◆ **Task directions**
Take from the material every line that contains the word "impl".

[Start of Attachment]

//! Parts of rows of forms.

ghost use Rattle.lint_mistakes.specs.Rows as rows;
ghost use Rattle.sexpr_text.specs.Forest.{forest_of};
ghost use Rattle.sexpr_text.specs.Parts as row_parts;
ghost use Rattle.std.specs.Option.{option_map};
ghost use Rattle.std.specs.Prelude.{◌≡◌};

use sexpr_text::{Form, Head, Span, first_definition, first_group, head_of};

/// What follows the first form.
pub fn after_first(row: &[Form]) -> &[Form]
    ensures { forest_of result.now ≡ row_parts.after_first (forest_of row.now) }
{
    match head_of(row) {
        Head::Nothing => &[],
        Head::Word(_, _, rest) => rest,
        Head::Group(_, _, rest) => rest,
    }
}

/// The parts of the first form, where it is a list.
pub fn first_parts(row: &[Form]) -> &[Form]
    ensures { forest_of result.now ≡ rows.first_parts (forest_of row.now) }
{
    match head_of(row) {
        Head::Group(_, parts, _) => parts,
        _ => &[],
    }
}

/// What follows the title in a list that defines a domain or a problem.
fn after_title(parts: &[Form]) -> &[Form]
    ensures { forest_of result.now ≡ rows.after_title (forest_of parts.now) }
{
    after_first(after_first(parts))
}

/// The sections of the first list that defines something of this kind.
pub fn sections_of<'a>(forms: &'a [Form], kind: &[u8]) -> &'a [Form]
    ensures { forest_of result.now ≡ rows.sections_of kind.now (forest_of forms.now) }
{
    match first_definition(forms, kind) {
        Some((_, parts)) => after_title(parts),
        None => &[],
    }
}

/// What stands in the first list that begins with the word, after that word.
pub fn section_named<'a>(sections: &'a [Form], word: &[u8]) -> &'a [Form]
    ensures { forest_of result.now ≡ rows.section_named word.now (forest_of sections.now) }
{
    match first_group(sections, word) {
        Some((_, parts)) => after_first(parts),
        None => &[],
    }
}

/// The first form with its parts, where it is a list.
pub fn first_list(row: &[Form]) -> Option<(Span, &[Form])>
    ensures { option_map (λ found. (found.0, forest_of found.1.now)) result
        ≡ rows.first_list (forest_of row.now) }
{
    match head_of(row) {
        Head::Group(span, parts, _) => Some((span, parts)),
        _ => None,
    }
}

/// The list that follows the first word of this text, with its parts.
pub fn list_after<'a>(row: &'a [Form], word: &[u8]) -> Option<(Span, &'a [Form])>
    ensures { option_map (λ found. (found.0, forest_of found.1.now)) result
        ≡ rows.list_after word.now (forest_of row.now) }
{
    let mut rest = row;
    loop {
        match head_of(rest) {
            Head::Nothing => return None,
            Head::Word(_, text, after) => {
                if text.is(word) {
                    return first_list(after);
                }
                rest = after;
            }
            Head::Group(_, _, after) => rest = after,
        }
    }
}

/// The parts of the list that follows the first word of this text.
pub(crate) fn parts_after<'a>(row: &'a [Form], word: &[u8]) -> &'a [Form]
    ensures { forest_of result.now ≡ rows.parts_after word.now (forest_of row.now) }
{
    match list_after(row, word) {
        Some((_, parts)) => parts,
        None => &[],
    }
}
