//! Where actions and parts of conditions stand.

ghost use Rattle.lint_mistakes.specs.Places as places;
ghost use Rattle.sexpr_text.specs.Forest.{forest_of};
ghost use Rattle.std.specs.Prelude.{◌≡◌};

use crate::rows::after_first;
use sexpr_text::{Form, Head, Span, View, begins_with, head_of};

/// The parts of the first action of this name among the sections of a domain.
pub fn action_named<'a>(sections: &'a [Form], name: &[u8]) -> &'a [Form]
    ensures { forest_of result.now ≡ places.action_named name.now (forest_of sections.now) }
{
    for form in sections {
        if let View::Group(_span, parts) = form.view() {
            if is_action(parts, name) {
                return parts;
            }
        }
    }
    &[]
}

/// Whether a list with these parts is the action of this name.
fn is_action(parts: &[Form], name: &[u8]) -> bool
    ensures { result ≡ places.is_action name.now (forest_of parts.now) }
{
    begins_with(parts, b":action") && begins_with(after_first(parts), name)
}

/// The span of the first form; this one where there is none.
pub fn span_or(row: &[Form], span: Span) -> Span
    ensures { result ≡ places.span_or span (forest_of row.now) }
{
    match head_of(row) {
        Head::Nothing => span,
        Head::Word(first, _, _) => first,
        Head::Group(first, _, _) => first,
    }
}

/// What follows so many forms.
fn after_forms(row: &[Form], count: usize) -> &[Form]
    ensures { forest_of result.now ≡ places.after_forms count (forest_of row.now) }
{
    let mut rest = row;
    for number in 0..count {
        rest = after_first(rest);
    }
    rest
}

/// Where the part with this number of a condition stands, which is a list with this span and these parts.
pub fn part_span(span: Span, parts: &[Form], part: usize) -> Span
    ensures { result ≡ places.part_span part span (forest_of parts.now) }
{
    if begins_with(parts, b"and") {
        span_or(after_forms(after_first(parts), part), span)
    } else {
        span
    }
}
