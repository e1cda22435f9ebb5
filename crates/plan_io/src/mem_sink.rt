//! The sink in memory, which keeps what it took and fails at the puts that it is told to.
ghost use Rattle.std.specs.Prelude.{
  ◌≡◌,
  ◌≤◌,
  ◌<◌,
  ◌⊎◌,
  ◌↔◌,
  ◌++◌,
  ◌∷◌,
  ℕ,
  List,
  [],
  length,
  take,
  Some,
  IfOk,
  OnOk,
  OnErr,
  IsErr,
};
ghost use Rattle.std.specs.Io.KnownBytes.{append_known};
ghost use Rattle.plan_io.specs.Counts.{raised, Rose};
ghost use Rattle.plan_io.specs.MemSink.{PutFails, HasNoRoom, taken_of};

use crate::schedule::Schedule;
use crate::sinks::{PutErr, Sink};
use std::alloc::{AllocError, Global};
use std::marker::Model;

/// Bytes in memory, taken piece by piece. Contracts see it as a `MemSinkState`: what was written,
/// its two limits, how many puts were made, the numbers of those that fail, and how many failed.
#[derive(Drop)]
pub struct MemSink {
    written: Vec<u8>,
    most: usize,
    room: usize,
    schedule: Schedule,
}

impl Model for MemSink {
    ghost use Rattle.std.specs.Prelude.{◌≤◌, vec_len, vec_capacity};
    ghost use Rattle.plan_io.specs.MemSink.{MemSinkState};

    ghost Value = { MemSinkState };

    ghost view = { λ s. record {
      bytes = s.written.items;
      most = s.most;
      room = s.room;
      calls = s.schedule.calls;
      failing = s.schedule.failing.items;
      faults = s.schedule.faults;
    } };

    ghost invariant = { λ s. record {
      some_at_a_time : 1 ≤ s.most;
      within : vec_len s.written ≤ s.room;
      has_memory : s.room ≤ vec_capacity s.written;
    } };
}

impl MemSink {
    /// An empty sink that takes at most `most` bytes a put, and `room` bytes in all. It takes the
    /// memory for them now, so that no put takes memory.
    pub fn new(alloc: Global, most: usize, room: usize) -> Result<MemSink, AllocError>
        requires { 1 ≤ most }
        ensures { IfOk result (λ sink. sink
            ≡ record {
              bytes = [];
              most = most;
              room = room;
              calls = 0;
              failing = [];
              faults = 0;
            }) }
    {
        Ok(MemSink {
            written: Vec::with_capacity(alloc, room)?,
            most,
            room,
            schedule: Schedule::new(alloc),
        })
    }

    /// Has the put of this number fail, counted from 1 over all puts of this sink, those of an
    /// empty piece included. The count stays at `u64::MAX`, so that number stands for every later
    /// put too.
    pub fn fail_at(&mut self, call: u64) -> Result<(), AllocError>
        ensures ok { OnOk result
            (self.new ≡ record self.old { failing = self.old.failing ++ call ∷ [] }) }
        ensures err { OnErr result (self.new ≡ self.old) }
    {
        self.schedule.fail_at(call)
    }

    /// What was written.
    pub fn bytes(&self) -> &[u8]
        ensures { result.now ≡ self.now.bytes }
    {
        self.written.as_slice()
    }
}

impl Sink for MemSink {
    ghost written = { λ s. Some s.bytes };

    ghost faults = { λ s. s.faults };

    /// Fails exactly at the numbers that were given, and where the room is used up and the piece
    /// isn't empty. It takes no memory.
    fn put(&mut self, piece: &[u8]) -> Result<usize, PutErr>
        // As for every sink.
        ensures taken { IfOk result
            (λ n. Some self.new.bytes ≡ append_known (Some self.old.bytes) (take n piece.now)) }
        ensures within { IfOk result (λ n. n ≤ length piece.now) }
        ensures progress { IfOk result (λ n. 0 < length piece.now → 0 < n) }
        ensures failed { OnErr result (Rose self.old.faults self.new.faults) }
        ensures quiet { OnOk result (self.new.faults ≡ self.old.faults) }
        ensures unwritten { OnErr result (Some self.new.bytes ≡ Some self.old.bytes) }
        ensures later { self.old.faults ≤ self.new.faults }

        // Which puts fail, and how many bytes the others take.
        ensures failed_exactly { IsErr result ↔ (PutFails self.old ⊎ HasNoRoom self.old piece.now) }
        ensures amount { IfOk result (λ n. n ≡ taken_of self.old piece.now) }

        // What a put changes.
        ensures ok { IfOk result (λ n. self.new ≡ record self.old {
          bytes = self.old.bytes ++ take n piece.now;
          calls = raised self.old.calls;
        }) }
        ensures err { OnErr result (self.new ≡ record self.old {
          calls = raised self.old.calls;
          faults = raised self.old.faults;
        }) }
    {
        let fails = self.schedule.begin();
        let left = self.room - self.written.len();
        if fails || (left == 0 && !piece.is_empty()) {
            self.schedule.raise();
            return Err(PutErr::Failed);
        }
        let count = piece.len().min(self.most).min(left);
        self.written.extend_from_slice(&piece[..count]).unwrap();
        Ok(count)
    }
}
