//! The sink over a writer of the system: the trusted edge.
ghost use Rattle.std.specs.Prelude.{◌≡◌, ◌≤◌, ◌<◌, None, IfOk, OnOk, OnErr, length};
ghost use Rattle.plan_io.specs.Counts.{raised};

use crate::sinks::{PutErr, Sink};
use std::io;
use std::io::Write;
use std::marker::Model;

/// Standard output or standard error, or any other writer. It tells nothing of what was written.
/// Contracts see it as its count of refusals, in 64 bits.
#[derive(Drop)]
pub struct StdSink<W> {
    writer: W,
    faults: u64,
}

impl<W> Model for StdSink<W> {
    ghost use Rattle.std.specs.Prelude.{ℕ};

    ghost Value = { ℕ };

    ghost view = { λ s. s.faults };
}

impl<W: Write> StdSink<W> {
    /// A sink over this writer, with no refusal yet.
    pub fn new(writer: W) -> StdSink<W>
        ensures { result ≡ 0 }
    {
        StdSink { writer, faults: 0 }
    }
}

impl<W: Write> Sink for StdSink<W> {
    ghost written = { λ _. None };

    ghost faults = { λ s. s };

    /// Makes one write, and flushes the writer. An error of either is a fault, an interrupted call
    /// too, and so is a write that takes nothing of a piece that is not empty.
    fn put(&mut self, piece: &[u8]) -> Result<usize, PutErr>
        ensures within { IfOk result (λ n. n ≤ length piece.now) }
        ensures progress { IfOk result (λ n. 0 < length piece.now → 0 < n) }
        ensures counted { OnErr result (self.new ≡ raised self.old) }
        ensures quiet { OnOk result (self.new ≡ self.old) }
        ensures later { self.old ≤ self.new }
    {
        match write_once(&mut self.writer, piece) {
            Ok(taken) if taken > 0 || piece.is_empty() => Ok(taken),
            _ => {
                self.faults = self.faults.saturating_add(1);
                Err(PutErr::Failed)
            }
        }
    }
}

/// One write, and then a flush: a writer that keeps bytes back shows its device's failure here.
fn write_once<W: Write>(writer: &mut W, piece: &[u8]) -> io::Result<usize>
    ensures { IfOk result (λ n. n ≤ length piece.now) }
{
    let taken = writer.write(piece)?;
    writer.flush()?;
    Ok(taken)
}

[End of Attachment]

◆ **Exercise result**
impl Model for MemSink {
impl MemSink {
impl Sink for MemSink {
impl<W> Model for StdSink<W> {
impl<W: Write> StdSink<W> {
impl<W: Write> Sink for StdSink<W> {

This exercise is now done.